My mom passed away on June 12 at 11:50 PM. I was at her bedside when she passed. That’s a moment I’m not ready to write about, but the experience of writing the eulogy for her funeral was a significant moment of reflection for me. The italicized portions are excerpts from the final draft of the eulogy.
Formally, I wrote this on June 20, two days before the funeral, but in truth it had been rumbling around in my head for months, and I was struggling. Truly warm, positive memories of my mother simply were not imprinted in my brain. She wasn’t a bad mom, just an intense woman who thought keeping everything clean all the time was her most important mission in life.
As my sister and I spent a mind-numbing week dealing with funeral preparations, I sought her out, her memory of our childhood being so much better than mine. I came to find that she likewise was having trouble remembering Leave it to Beaver moments from our early years:
When my sister and I sat down to talk about this eulogy both of us felt some discomfort over not being able to recall many warm anecdotes about mom from our childhoods.
Oh, there was the time when she was playing with us all in the back yard pool, and ran to answer the door at the front of our house clad only in her bathing suit where she was greeted by one of our parish priests who was out visiting parishioners. That may have been the moment when her hair began turning gray.
But I think my mom struggled a bit with motherhood, exhibiting a certain rigidity and devotion to cleanliness that we messy children could never quite achieve. I attribute at least some of that to her having been raised by a strict and demanding father.
We both agreed that dad had been a mellowing influence on her and that she evolved over time, especially as she embraced her role as grandmother:
But if she had some challenges as a mom, she was lucky enough to pick the perfect mate, my dad, Jack Waldron.

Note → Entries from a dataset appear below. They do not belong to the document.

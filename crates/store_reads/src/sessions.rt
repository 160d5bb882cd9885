//! Reads a session by its number or by its machine.
ghost use Rattle.std.specs.Prelude.{IfOk, IfSome, false, ◌≡◌};
ghost use Rattle.sqlite.specs.Held.{state};
ghost use Rattle.store_data.specs.Cursor.{IsCursor};
ghost use Rattle.job_facts.specs.declared.rows.SessionRow.{SessionRow as SessionRowValue};
ghost use Rattle.job_facts.specs.Rows.{session_row_of};
ghost use Rattle.job_facts.specs.States.{running_session};
ghost use Rattle.row_reads.specs.Reads.{Looks};
ghost use Rattle.store_reads.specs.Known.{Knows};
ghost use Rattle.store_reads.specs.Sessions.{row_named};
ghost use Rattle.store_reads.specs.ReadsContents.{FindsContents, ReadsContents};

use crate::known::Known;
use crate::numbers::is_in_range;
use job_facts::SessionRow;
use row_reads::{SessionAt, batch_name, record_at};
use sqlite::{Alter, Connection, Error};
use store_data::Name;

// Returns the session with the names of its batch and its record.
fn row_named(found: &SessionAt, batch: Name, rec: Name) -> SessionRow
    ensures { result ≡ row_named found.now batch rec }
{
    SessionRow {
        machine: found.machine,
        batch,
        rec,
        stands: found.stands,
        words: found.words,
        cursor: found.cursor,
    }
}

/// Returns the session with the number `session`. The names of its batch and its record are read
/// only if the record isn't cached.
pub fn session<S: Alter>(
    conn: &mut Connection<S>,
    known: &Known,
    session: u64,
) -> Result<Option<SessionRow>, Error>
    requires idle { conn.old.in_transaction ≡ false }
    requires knows { Knows (state S.Store conn.old) known.now }
    ensures value { ReadsContents (state S.Store conn.old) (state S.Store conn.new) result
        (λ c answer. answer ≡ session_row_of c.facts session) }
    ensures ranged { IfOk result
        (λ answer. IfSome answer (λ (row : SessionRowValue). IsCursor row.cursor)) }
    ensures looks { Looks (state S.Store conn.old) (state S.Store conn.new) }
{
    if !is_in_range(session) {
        return Err(Error::InvalidQuery);
    }
    row_laws::sessions_by_number();
    row_laws::batches_by_id();
    row_laws::batches_by_name();
    row_laws::records_by_name();
    row_laws::records_by_place();
    let Some(found) = row_reads::session(conn, session)? else {
        return Ok(None);
    };
    if let Some(card) = known.at(found.batch, found.place) {
        return Ok(Some(row_named(&found, card.batch, card.rec)));
    }
    let Some(batch) = batch_name(conn, found.batch)? else {
        return Ok(None);
    };
    let Some(card) = record_at(conn, found.batch, found.place)? else {
        return Ok(None);
    };
    Ok(Some(row_named(&found, batch, card.name)))
}

/// Returns the number of the running session of `machine`.
pub fn running_session<S: Alter>(
    conn: &mut Connection<S>,
    machine: &Name,
) -> Result<Option<u64>, Error>
    requires { conn.old.in_transaction ≡ false }
    ensures { FindsContents (state S.Store conn.old) (state S.Store conn.new) result
        (λ c answer. answer ≡ running_session c.facts machine.now) }
{
    row_laws::running_sessions_by_machine();
    row_reads::running_session(conn, machine)
}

My dad’s innate kindness and his unqualified love for her, certainly softened her rough edges and helped her become the loving woman that most of you knew. Down to his final day, my dad, the man who knew her best, referred to her as “my angel.”
As a grandmother, she lavished care and love on her five grandchildren. When the kids didn’t want to go to school, they would pretend to be sick just so my mom or dad would pick them up, watch The Price is Right with them, and spoil them rotten for the whole day. Mom rarely missed a softball game or soccer match and all of the kids got chances to accompany mom and dad on camping trips.
Then in sorting through her stuff, I came across the picture above and was just startled by her radiant beauty, a nursing graduate at 25. That picture seemed to show her so full of happiness, energy, and plans for the future. It is exactly the way I want to remember her, and it made me wonder why some of that had gotten lost on her way to motherhood:
In going through old photos I discovered the picture of my mom as a radiant 25 year-old woman, just graduated from nursing school that you may have noticed in the lobby of the church. My mother loved nursing and attending to the needs of other. For over 25 years, she did so in hospitals and in doctor’s offices. To me, that picture embodies the spirit of love that she shared not only with her patients, but also with her friends, and within the church community.
While the last three years with her at the board-and-care home were painful and torturous for me, every person who worked with her or attended to her would comment to me on how sweet she was and what a beautiful smile she had and how happy they were that she was there. This was even when she would growl out demands for food and keep them up all night, insisting on walking around the facility or sitting up in her chair at ungodly hours. Three of her attendants were there at the funeral and were weeping throughout
In her last three years at her boar- and-care home, the attendants, the other residents, the extraordinary ministers from Santa Sophia that brought her communion every Sunday, all spoke to me about how much they loved spending time with my mom. This was true even from the beginning when she was prone to break into her own peculiar renditions of “Amazing Grace” or the “National Anthem” her own personal favorites. There was a love and light inside of her that everyone responded to, even as her body and her mind began to fail.
I decided to end on a fanciful note, thinking that, if there were a heaven, my dad might well have been enjoying the bachelor life for the past seven years. I looked up toward the rafters of the church, and raised my voice as if I wanted to be sure my dad could hear:
Dad, if you can hear me up there, I’m giving you a heads up. You’ve had a seven-year vacation, but mom is on her way to re-join you. So you’d better get someone to run the vacuum around and wipe down the kitchen counters—twice. Oh, and have them put an extra chair out on your back porch where I’m sure you’ve been watching the sunsets by yourself for all these years. Your angel is coming home.